### TASK TO CARRY OUT:
Transcribe word for word the lines spanning the line with "OnErr result (self.new" through the end of the records.

Extracted data entries:
--- --- ---
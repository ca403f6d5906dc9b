//! What has a name.
ghost use Rattle.std.specs.Option.{IfSome};
ghost use Rattle.std.specs.Prelude.{◌≡◌, ◌<◌, [], length, map, position, slice_get, Some, OnOk, OnErr};
ghost use Rattle.sim_language.specs.Lines.{same};
ghost use Rattle.sim_language.specs.Named.{Named, is_named, place_of, value_of, with_one};

use indexmap::IndexMap;
use std::alloc::{AllocError, Global};
use std::marker::Model;

/// How many names are looked through one by one, at most. To find where the map has a name takes longer than that.
const FEW: usize = 8;

/// What has a name, in the order in which the names came. The names are parts of a text.
#[derive(Drop)]
pub struct Names<'t, V> {
    index: IndexMap<&'t [u8], V>,
}

impl<'t, V> Model for Names<'t, V> {
    ghost use Rattle.std.specs.Prelude.{List, map};
    ghost use Rattle.sim_language.specs.Named.{Named};

    ghost Value = { List (Named V) };

    ghost view = { λ a. map (λ e. record { name = e.0.now; value = e.1 }) a.index.entries };
}

impl<'t, V: Copy> Names<'t, V> {
    /// No names. It takes no memory.
    pub fn new(alloc: Global) -> Names<'t, V>
        ensures { result ≡ [] }
    {
        Names {
            index: IndexMap::new(alloc),
        }
    }

    /// How many names there are.
    pub fn len(&self) -> usize
        ensures { result ≡ length self.now }
    {
        self.index.len()
    }

    /// What has the name.
    pub fn get(&self, name: &[u8]) -> Option<V>
        ensures { result ≡ value_of name.now self.now }
    {
        Some(self.at(self.index_of(name)?))
    }

    pub fn contains(&self, name: &[u8]) -> bool
        ensures { result ≡ is_named name.now self.now }
    {
        self.index_of(name).is_some()
    }

    /// The index of the name, counted from 0.
    pub fn index_of(&self, name: &[u8]) -> Option<usize>
        ensures index { result ≡ place_of name.now self.now }
        ensures below { IfSome result (λ index. index < length self.now) }
    {
        if self.index.len() <= FEW {
            place_among(self.index.keys().as_slice(), name)
        } else {
            self.index.get_index_of(&name)
        }
    }

    /// What stands at an index, counted from 0.
    pub fn at(&self, index: usize) -> V
        requires { index < length self.now }
        ensures { slice_get (map (λ n. n.value) self.now) index ≡ Some result }
    {
        self.index[index]
    }

    /// One more behind the others, unless its name is there.
    pub fn add(&mut self, name: &'t [u8], value: V) -> Result<(), AllocError>
        ensures ok { OnOk result
            (self.new ≡ with_one self.old (record { name = name.now; value = value })) }
        ensures err { OnErr result (self.new ≡ self.old) }
    {
        if !self.index.contains_key(&name) {
            self.index.insert(name, value)?;
        }
        Ok(())
    }
}

/// Where the name stands first among these.
fn place_among(names: &[&[u8]], name: &[u8]) -> Option<usize>
    ensures { result ≡ position (λ known. same name.now known.now) names.now }
{
    names.iter().position(|known| name == *known)
}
--- --- ---
### FINISHED TASK:
        ensures err { OnErr result (self.new ≡ self.old) }
    {
        if !self.index.contains_key(&name) {
            self.index.insert(name, value)?;
        }
        Ok(())
    }
}

/// Where the name stands first among these.
fn place_among(names: &[&[u8]], name: &[u8]) -> Option<usize>
    ensures { result ≡ position (λ known. same name.now known.now) names.now }
{
    names.iter().position(|known| name == *known)
}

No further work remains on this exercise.